Regardless of which society we live in, there is no reason for anyone to suspect, predict, or even presume the intent of another individual's actions.  Our own actions must be mindful, respectful, considerate and compassionate to others.We watch our own business while appreciating and admiring the beauty in what we see. Everyone knows exactly what they are doing at any given moment, and why they are doing it. However, in the non-ideal World that we all live in, such a notion of synchronicity does not quite exist to the extent we all wish. We have to be aware of our own safety and well-being through an extraordinary sense of situational awareness. We have to watch our backs, so to say. The threat could be from adversaries, people who don't share the same mindset as ours, who threaten our physical and spiritual well-being.

It is natural to shield oneself from the evils in society. Not too long ago, I was pick pocketed on a crowded bus in Saigon. An awful feeling that overwhelmed me and consumed my thoughts for a week. I had just experienced an invasion of privacy combined with the effect of material detachment. Although it lasted for a week, I kept thinking that if only I had eyes all around me I could become more aware of my immediate environment. No one can disagree that such self-protection created by a state-of-mind can in fact bring peace of mind. 

Every morning around 6:00 am, I stood outside the hotel in Saigon watching what people did. I saw an old Vietnamese lady burning paper in front of her store. She waved the burning paper around in a ritualistic manner and let the flames reach out to every corner of her work space. It was as if the flames were meant to consume evil spirits all around and in front of the store and protect her from any bad happenings throughout the day. It could have meant many things. It could mean that she followed a tradition of her ancestors to bring good luck and well-being to her store and family. I would not be surprised if these were indeed the anticipated outcomes of that ritual. 

In many cultures, ritualistic beliefs prompt individuals to cast spells on others for fear of being harmed, or to ward-off evil spirits. These spells are called Manthras. It is said that a Manthra has magical powers -- powers to transform oneself from one form to another, or to instantly transport oneself from one place to another, and so on. Mythology has it that the demon Maareecha, in the Ramayana, transformed himself in to a beautiful Gold lustered spotted deer to lure Rama away from Seetha so that Ravana could abduct Seetha. People do things which only they know why, and what useful purpose it may serve them. An observer can only infer from their actions. From the observer's point-of-view, whether or not a person is performing a ritual  is immaterial. What matters is the other persons knowledge and beliefs about their ritualistic actions, which as an observer we know little or nothing about.
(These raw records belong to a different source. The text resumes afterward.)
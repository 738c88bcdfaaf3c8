ghost use Rattle.std.specs.Prelude.{◌≡◌, ◌≢◌, ◌≤◌, ◌+◌, ℕ, List, None, Some, IfSome};
ghost use Rattle.std.specs.Io.KnownBytes.{Appends, IsAtEnd};
ghost use Rattle.plain_file.specs.Counts.{Rose};
ghost use Rattle.program_io.specs.Causes.{AppendsFront, AppendsPart, TakesAtMost};
ghost use Rattle.program_io.specs.Runs.{IsOkOrMemory, IsUsageOrWriteFault};
ghost use Rattle.program_io.specs.declared.statuses.Status.{Status};
ghost use Rattle.chain_stream.specs.Frames.{limit};
ghost use Rattle.chain_stream.specs.Courses.{IsCutOff, chunk};
ghost use Rattle.daxwire.specs.declared.commands.Command.{Command};
ghost use Rattle.daxwire.specs.Commands.{command_of};
ghost use Rattle.daxwire.specs.Run.{usage_line, shown, due_text, due_status, IsStopped, IfFinished};

use crate::audits::Audit;
use crate::commands::Command;
use crate::rings::RingImage;
use crate::serves::Serve;
use crate::shows::Show;
use crate::wholes::answer_whole;
use chain_stream::answer_stream;
use program_io::{Sink, Source, Status, Word, write_all};
use std::alloc::Global;

/// Runs the program. With the word `show` it reads a chain stream from the source and writes one line
/// for each frame to the sink; with the word `serve` it serves the stream and writes one output frame
/// for each frame. With the word `ring` it reads a ring image, serves the chains that it offers, and
/// writes what came of them. With the word `audit` it reads a script and a transcript, and writes whether
/// the transcript is legal. Every text goes to the sink. It returns always.
///
/// The answers to the whole frames of a stream that were read are written before more is read, and as soon
/// as a megabyte of them is due. Of the stream no more than one frame and one read of 65,536 bytes is kept,
/// whatever its length; what is served keeps its files, with their histories. An image, and a script with its
/// transcript, is read whole before anything is written. The statuses:
///
/// - `Ok`: the source was read to its end, which for a stream is behind a whole frame or the header, and
///   all answers were taken; a transcript is legal for its script.
/// - `Refused`: the input is malformed, or the image's ring has a fault, and the last line or output
///   frame, which was taken, says why.
/// - `NotLegal`: both texts are well formed, the transcript breaks a rule, and the line that says which,
///   and where, was taken.
/// - `Usage`: the words are no command, and the usage line was taken; nothing was read.
/// - `ReadFault`: the source failed; the answers to the frames that were read whole before were taken,
///   and of an image or a verdict nothing.
/// - `WriteFault`: the sink failed; what was taken is a front of the text due, and not all of it. Where the
///   words are no command, that is the usage line.
/// - `Memory`: an allocation was refused; what was taken is a front of the text due.
/// - `TooLong`: the source has more than 268,435,456 bytes, of which, in a stream, these have nothing
///   malformed. `show`, `ring` and `audit` write the last line `too long` for it, `serve` nothing.
pub fn run_wire<S: Source, K: Sink>(
    alloc: Global,
    words: &[Word],
    source: &mut S,
    sink: &mut K,
) -> Status
    ensures finished { IfFinished result (IfSome (S.left source.old) (λ input.
        (result ≡ due_status words.now input) × Appends (K.taken sink.old) (K.taken sink.new) (due_text words.now input))) }
    ensures ok { result ≡ Status.Ok → IsAtEnd (S.left source.new) }
    ensures usage { result ≡ Status.Usage → (command_of words.now ≡ None) × Appends (K.taken sink.old) (K.taken sink.new) usage_line }
    ensures read_fault { result ≡ Status.ReadFault → Rose (S.faults source.old) (S.faults source.new)
        × IsStopped (command_of words.now) (S.left source.old) (S.left source.new) (K.taken sink.old) (K.taken sink.new) }
    ensures write_fault { result ≡ Status.WriteFault → Rose (K.faults sink.old) (K.faults sink.new)
        × IfSome (S.left source.old) (λ input. AppendsPart (K.taken sink.old) (K.taken sink.new) (due_text words.now input)) }
    ensures usage_fault { result ≡ Status.WriteFault → command_of words.now ≡ None → AppendsPart (K.taken sink.old) (K.taken sink.new) usage_line }
    ensures memory { result ≡ Status.Memory → IfSome (S.left source.old) (λ input. AppendsFront (K.taken sink.old) (K.taken sink.new) (due_text words.now input)) }
    ensures judged { result ≡ Status.NotLegal → command_of words.now ≡ Some Command.Audit }
    ensures no_command { command_of words.now ≡ None → IsUsageOrWriteFault result × (source.new ≡ source.old) }
    ensures complete { (input : List ℕ) → S.left source.old ≡ Some input → due_status words.now input ≡ Status.Ok
        → (Rose (S.faults source.old) (S.faults source.new) → ⊥) → (Rose (K.faults sink.old) (K.faults sink.new) → ⊥) → IsOkOrMemory result }
    ensures most { TakesAtMost (limit + chunk) (S.left source.old) (S.left source.new) }
{
    match Command::of(words) {
        Some(Command::Show) => answer_stream::<Show, S, K>(alloc, source, sink),
        Some(Command::Serve) => answer_stream::<Serve, S, K>(alloc, source, sink),
        Some(Command::Ring) => answer_whole::<RingImage, S, K>(alloc, source, sink),
        Some(Command::Audit) => answer_whole::<Audit, S, K>(alloc, source, sink),
        None => tell_usage(sink),
    }
}

// Tells which commands there are.
fn tell_usage<K: Sink>(sink: &mut K) -> Status
    ensures usage { result ≡ Status.Usage → Appends (K.taken sink.old) (K.taken sink.new) usage_line }
    ensures fault { result ≡ Status.WriteFault → Rose (K.faults sink.old) (K.faults sink.new) × AppendsPart (K.taken sink.old) (K.taken sink.new) usage_line }
    ensures only { IsUsageOrWriteFault result }
{
    match write_all(sink, b"usage: daxwire show | serve | ring | audit\n") {
        Ok(()) => Status::Usage,
        Err(_) => Status::WriteFault,
    }
}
Our perceptions are of many different kind. We have visions that appear spontaneously like snapshots. They are discontinuous. They are intermittent and mixed with visions from the past. We seek an environment that can transport our minds to an extraordinary realm of peacefulness and calm, so that we can be relieved from anxiety, and be able to perceive beyond what we can normally perceive. Our depth of perception must be increased. As contradictory as it may appear, the Heart Sutra prescribes the means to eliminate all perceptions. The peacefulness and calm is said to be in a void where there are no perceptions of any kind. How do we find the path towards such a state of Mind? It is a Zen state of Mind, which is attained through a Manthra.